To me that doesn’t explain why, when you have a local database, presumably containing checksum, modified date, size etc and a remote database containing the same, it shouldn’t be possible to do a quick sync between both. It doesn’t seem like both databases are actually checked against each other but every single file is transferred and then checked, at least that’s what the extremely slow speed and the net traffic indicate

1 Like

I don’t think that the desktop client uses any database - at least I didn’t find one. However, you lost your server-based database and that is what makes the sync so slow.
When I said, that maybe performing a filesync on the NC server itself, you said, that you did that. This should have restored the database on the server to the state, where all files are known. However, this doesn’t restore shares or groupfolders, which would cause at least those shared files to sync - and duplicate for that matter. However, to be sure, you did something like this on your NC server:

sudo -u <webuser> php occ filescan --all

Indeed, that’s what I did and I manually recreate the shares, of which there weren’t a lot, because that’s my private instance only used by my family.

I don’t assume that the files db on the server notes sync states for individual clients. But you’re right, there is no database on the client side, apparantly. Well, maybe that explains why there is long tedious “looking for changes” when the client starts up even in normal situations.

Well… most of the sync speed is up to the database performance and the number of files, that will need to be synchronized. Have a look at your process list on your NC host - it’s a RPi? Maybe use htop to monitor your database and see, if it’s hitting the limit.

I am, I have also done some fine-tuning such as configuring redis, installing php-fpm, configure http2, increase the limit on the number of children php-fpm can spawn etc. However, the principal limitation seems to be that all the files are being sent across the network even though identical copies are already present on the other side. If both sides where sending checksums as soon as they notice the presence of the same file on both side and simply verify that the checksum, modified date and file size match, you wouldn’t have to send the actual file, and the process would be much much faster.

Again, maybe this is a limitation in the webdav protocol, but the nextcloud client seems to extend it anyway, for info on shares etc. Maybe this is not a priority yet, because complete loss of your DB is just so rare, but I can’t see how a better technical solution would be impossible.

1 Like

I just checked again and I actually found the local sync db. It is located inside the root of the local target folder and it is a hidden SQLite database. I looked at it, but I couldn’t directly correlate the info in that DB to the one on the server, but I’d assume that the table metadata will somehow tie data in the server’s oc_filecache table to the local files and their local hashes…

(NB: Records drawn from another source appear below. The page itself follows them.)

// Labels, parents and a queue for a search to start from, each lent by itself, as to the search.
ghost use Rattle.std.specs.Prelude.{◌≡◌, ◌<◌, ◌≤◌, false, length, Some, None, slice_index_or, slice_set};
ghost use Rattle.rules.specs.Bounds.{max_count};
ghost use Rattle.queues.specs.Contents.{capacity_of, holds};
ghost use Rattle.search.specs.Networks.{labelling};
ghost use Rattle.search.specs.Beginnings.{alone, all_waiting, Startable};

use delays::Delay;
use queues::Queue;
use rules::EventNumber;

// Has the event wait under its label, if it has one.
fn offer_label<K: Delay, Q: Queue<K>>(event: EventNumber, label: Option<K>, queue: &mut Q)
    requires capacity { event < capacity_of (Q.Queue.contents queue.old) }
    requires absent { slice_index_or (Q.Queue.contents queue.old).waiting event None ≡ None }
    ensures { Q.Queue.contents queue.new ≡ holds (slice_set (Q.Queue.contents queue.old).waiting event label) (Q.Queue.contents queue.old).count }
{
    if let Some(key) = label {
        let _ = queue.offer(event, key);
    }
}

// Gives every event the label, but one event the key, under which it waits alone; no event has a parent.
pub fn start_alone<K: Delay, Q: Queue<K>>(
    event: EventNumber,
    key: K,
    label: Option<K>,
    labels: &mut [Option<K>],
    parents: &mut [Option<u16>],
    queue: &mut Q,
)
    requires event { event < length labels.old }
    requires parents { length parents.old ≡ length labels.old }
    requires capacity { length labels.old ≤ capacity_of (Q.Queue.contents queue.old) }
    ensures started { labelling labels.new parents.new (Q.Queue.contents queue.new) ≡ alone (length labels.old) (capacity_of (Q.Queue.contents queue.old)) event key label }
    ensures ready { ((z : K) → label ≡ Some z → K.Delay.less z key ≡ false) → Startable K.Delay (labelling labels.new parents.new (Q.Queue.contents queue.new)) }
{
    // A kind of delay promises nothing of `clone`, which `fill` calls.
    labels.fill_with(move || label);
    labels[event as usize] = Some(key);
    parents.fill(None);
    queue.clear();
    offer_label(event, Some(key), queue);
}

// Has every labelled event wait under its label; no event has a parent.
pub fn start_labelled<K: Delay, Q: Queue<K>>(
    labels: &[Option<K>],
    parents: &mut [Option<u16>],
    queue: &mut Q,
)
    requires few { length labels.now ≤ max_count }
    requires parents { length parents.old ≡ length labels.now }
    requires capacity { length labels.now ≤ capacity_of (Q.Queue.contents queue.old) }
    ensures started { labelling labels.now parents.new (Q.Queue.contents queue.new) ≡ all_waiting labels.now (capacity_of (Q.Queue.contents queue.old)) }
    ensures ready { Startable K.Delay (labelling labels.now parents.new (Q.Queue.contents queue.new)) }
{
    parents.fill(None);
    queue.clear();
    for (event, label) in labels.iter().enumerate() {
        offer_label(event as u16, *label, queue);
    }
}
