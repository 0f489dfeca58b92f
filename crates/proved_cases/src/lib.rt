// 01's proved cases, in one list under one theorem: specs/Cases.antt and proofs/Cases.antt. There is no code of its own here.
#![tactic(auto)]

If you dump or re-create the database on the server, all the hashes in the table oc_filecache will change, which is what likely caused the full syncs from the local clients.

ah, it is those ._sync* files.
But what should not change are the checksums. They would change only if the file is actually modified. When there are two identical files in two different places, they will have the same checksum. Apparently, the NC client does not make use of this fact.

1 Like

Take a look at the oc_filecache table in the NC database on your server. My guess is, that the local client somehow tries to match the local hashes with the ones in oc_filecache.

As far as creating complete checksums for each file goes… that would place a significant burden on the NC host, since it would have to read all files in their entirety in order to compute those - this is probably not feasible for an installation on a RPi and even on bigger servers, this would cause a huge impact. Afaik, the sync takes the filename, timestamp and size into account, when it compares, but before that, the client will have to determine, if the files already exist on NC and that is done though the oc_filecache table.

One would have to look at the source of the NC client to know for sure, how this works, though.